**Exercise brief:** Give again, word for word, every line below from the one that has "its end each" through the one that has "#[derive(Drop)]", both included, and no others.

Saved data entries:
[Start of Attachment]
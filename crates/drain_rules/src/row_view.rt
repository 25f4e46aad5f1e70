//! A row of a grid and its products, as slices of numbers and of marks.

ghost use Rattle.std.specs.Prelude.{◌≡◌, ◌<◌, ◌≤◌, ◌↔◌};
ghost use Rattle.drain_rules.specs.Names.{ℕ, false, slice_index_or, IfSome, IsTrue, None, option_copied, length, pos, AreRowHeights, IsBelowAt, MAX_LENGTH, of_product, per_product, IsPixel};
ghost use Rattle.drain_rules.specs.Rows.{values_in, beside, west_neighbor, AreLanesIfAny, AreRowNumbers, grounds};

use crate::screen::{Grounds, cells_above_ground};
use drain_grid::{CellValues, PerProduct, SetProduct};
use drain_kernel::{Lanes, Slopes};
use drain_pixels::{GroundRow, PixelKind, PixelRow};
use std::marker::Model;

/// How many cells from a column on are cleared together, and how many of them are raised. More cells might pass.
#[derive(Clone, Copy, PartialEq, Eq, Debug)]
pub struct Kept {
    /// The first column that isn't cleared.
    pub end: u32,
    pub raised: u32,
}

impl Kept {
    /// No cell from this column on.
    pub fn none(from: u32) -> Kept
        ensures { result ≡ record { end = from; raised = 0 } }
    {
        Kept {
            end: from,
            raised: 0,
        }
    }
}

/// How many marks are looked at in one go. So a row whose cells are checked one by one isn't scanned to its end each
/// time.
const REACH: usize = 128;

/// A place, at most `end`, with no mark from `from` up to it: that of the next mark, if it is among the next 128.
pub fn unmarked_until(marks: &[bool], from: usize, end: usize) -> usize
    requires { from ≤ end }
    ensures forward { from ≤ result }
    ensures within { result ≤ end }
    ensures unmarked { (place : ℕ) → from ≤ place → place < result → slice_index_or marks.now place false ≡ false }
{
    if from >= marks.len() {
        return end;
    }
    let last = end.min(marks.len()).min(from + REACH);
    for place in from..last {
        if marks[place] {
            return place;
        }
    }
    last
}

/// One row: elevations, none at a void, and each product's numbers, as many of each; marks, true at a listed sink; how far
/// apart its cells are; and the lanes of its numbers if they were made. It has no numbers if there is no row; a missing
/// mark means false.
#[derive(Drop)]
pub struct RowView<'a> {
    z: &'a GroundRow,
    sinks: &'a [bool],
    slopes: &'a Slopes,
    products: PerProduct<&'a PixelRow>,
    lanes: Option<&'a Lanes>,
}

impl<'a> Model for RowView<'a> {
    ghost use Rattle.drain_rules.specs.Names.{option_copied, of_product, per_product};
    ghost use Rattle.drain_rules.specs.Rows.{IsLanedRow};
    ghost use Rattle.drain_rules.specs.Rows.{MarkedRow};

    ghost Value = { MarkedRow };

    ghost view = { λ row. record {
      numbers = record { z = row.z.now; products = per_product (λ p. (of_product row.products p).now) };
      sinks = row.sinks.now;
      spacing = row.slopes.now.spacing;
    } };

    ghost invariant = { λ row. IsLanedRow (record { z = row.z.now; products = per_product (λ p. (of_product row.products p).now) }) (option_copied row.lanes) };
}

impl<'a> RowView<'a> {
    /// The row of these numbers and marks, spaced so, with the lanes of the numbers, or none.
    pub fn new(
        z: &'a GroundRow,
        sinks: &'a [bool],
        slopes: &'a Slopes,
        products: PerProduct<&'a PixelRow>,
        lanes: Option<&'a Lanes>,
    ) -> RowView<'a>
        requires numbers { AreRowNumbers (record { z = z.now; products = per_product (λ p. (of_product products p).now) }) }
        requires laned { AreLanesIfAny (record { z = z.now; products = per_product (λ p. (of_product products p).now) }) (option_copied lanes) }
        ensures numbers { result.numbers ≡ record { z = z.entry.now; products = per_product (λ p. (of_product products.entry p).now) } }
        ensures sinks { result.sinks ≡ sinks.entry.now }
        ensures spacing { result.spacing ≡ slopes.entry.now.spacing }
    {
        RowView {
            z,
            sinks,
            slopes,
            products,
            lanes,
        }
    }

    /// How steepness is compared in it, and so how far apart its cells are from their neighbours.
    pub fn slopes(&self) -> &'a Slopes
        ensures { result.now.spacing ≡ self.now.spacing }
    {
        self.slopes
    }

    /// How many columns there are, at most 28,801.
    pub fn cols(&self) -> u32
        ensures count { result ≡ length self.now.numbers.z }
        ensures narrow { result ≤ MAX_LENGTH }
    {
        self.z.len() as u32
    }

    /// The first column whose conditioned elevation is below its ground, else the number of columns. A void counts as
    /// -32768; if a conditioned elevation doesn't fit 16 bits it may be a column before.
    pub fn cells_above_ground(&self) -> u32
        ensures within { result ≤ length self.now.numbers.z }
        ensures above { (col : ℕ) → col < result → ¬ IsBelowAt self.now.numbers.products.con (grounds self.now.numbers.z) col }
        ensures first { AreRowHeights self.now.numbers.products.con → result < length self.now.numbers.z → IsBelowAt self.now.numbers.products.con (grounds self.now.numbers.z) result }
    {
        cells_above_ground(self.products.con, &Grounds { row: self.z }) as u32
    }

    /// A column up to which no cell is marked from this one on: that of the next mark, if it is among the next 128; of
    /// a row without marks the number of columns.
    pub fn unmarked_until(&self, from: usize) -> usize
        requires { from ≤ length self.now.numbers.z }
        ensures forward { from ≤ result }
        ensures within { result ≤ length self.now.numbers.z }
        ensures unmarked { (col : ℕ) → from ≤ col → col < result → slice_index_or self.now.sinks col false ≡ false }
    {
        unmarked_until(self.sinks, from, self.z.len())
    }

    /// The lanes of its numbers, at most 28,801 of each, if they were made.
    pub fn lanes(&self) -> Option<&'a Lanes>
        ensures laned { AreLanesIfAny self.now.numbers (option_copied result) }
        ensures narrow { length self.now.numbers.z ≤ MAX_LENGTH }
    {
        self.lanes
    }

    /// The values of the row at a column; for spill parents, which no set holds, 0. It is inlined, since a patch would
    /// copy them once more.
    #[inline(always)]
    pub fn values(&self, col: usize) -> CellValues
        requires { col < length self.now.numbers.z }
        ensures { result ≡ values_in self.now col }
    {
        CellValues {
            z: self.height(col),
            sink: self.is_sink(col),
            con: self.number(SetProduct::Con, col),
            dir: self.number(SetProduct::Dir, col),
            acc: self.number(SetProduct::Acc, col),
            bas: self.number(SetProduct::Bas, col),
            spl: 0,
            rnk: self.number(SetProduct::Rnk, col),
        }
    }

    /// Whether the column is a void.
    pub fn is_void(&self, col: usize) -> bool
        requires { col < length self.now.numbers.z }
        ensures { IsTrue result ↔ (slice_index_or self.now.numbers.z col None ≡ None) }
    {
        self.height(col).is_none()
    }

    /// The same, none past the last column.
    #[inline(always)]
    pub fn beside(&self, col: usize) -> Option<CellValues>
        ensures { result ≡ beside self.now col }
    {
        if col < self.z.len() {
            Some(self.values(col))
        } else {
            None
        }
    }

    /// The values to the west of a column, none at the first.
    #[inline(always)]
    pub fn west_of(&self, col: usize) -> Option<CellValues>
        ensures { result ≡ west_neighbor self.now col }
    {
        match col {
            0 => None,
            _ => self.beside(col - 1),
        }
    }

    /// The elevation at a column, none at a void.
    #[inline(always)]
    fn height(&self, col: usize) -> Option<i64>
        requires { col < length self.now.numbers.z }
        ensures height { result ≡ slice_index_or self.now.numbers.z col None }
        ensures pixel { IfSome result IsPixel }
    {
        self.z.z(col)
    }

    /// Whether the column is marked.
    fn is_sink(&self, col: usize) -> bool
        ensures { result ≡ slice_index_or self.now.sinks col false }
    {
        self.sinks.get(col) == Some(&true)
    }

    /// The product's number at a column, found soonest in pixels as `make` writes them.
    #[inline(always)]
    fn number(&self, product: SetProduct, col: usize) -> i64
        requires { col < length self.now.numbers.z }
        ensures number { result ≡ slice_index_or (of_product self.now.numbers.products product) col (pos 0) }
        ensures pixel { IsPixel result }
    {
        let numbers = *self.products.of(product);
        numbers.number_soonest(usual_kind(product), col)
    }
}

/// The kind of pixels that `make` writes for a product. No number depends on it.
#[inline(always)]
fn usual_kind(product: SetProduct) -> PixelKind {
    match product {
        SetProduct::Con => PixelKind::I16,
        SetProduct::Dir => PixelKind::U8,
        SetProduct::Acc | SetProduct::Bas | SetProduct::Rnk => PixelKind::U32,
    }
}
[End of Attachment]
**Output:**
/// How many marks are looked at in one go. So a row whose cells are checked one by one isn't scanned to its end each
/// time.
const REACH: usize = 128;

/// A place, at most `end`, with no mark from `from` up to it: that of the next mark, if it is among the next 128.
pub fn unmarked_until(marks: &[bool], from: usize, end: usize) -> usize
    requires { from ≤ end }
    ensures forward { from ≤ result }
    ensures within { result ≤ end }
    ensures unmarked { (place : ℕ) → from ≤ place → place < result → slice_index_or marks.now place false ≡ false }
{
    if from >= marks.len() {
        return end;
    }
    let last = end.min(marks.len()).min(from + REACH);
    for place in from..last {
        if marks[place] {
            return place;
        }
    }
    last
}

/// One row: elevations, none at a void, and each product's numbers, as many of each; marks, true at a listed sink; how far
/// apart its cells are; and the lanes of its numbers if they were made. It has no numbers if there is no row; a missing
/// mark means false.
#[derive(Drop)]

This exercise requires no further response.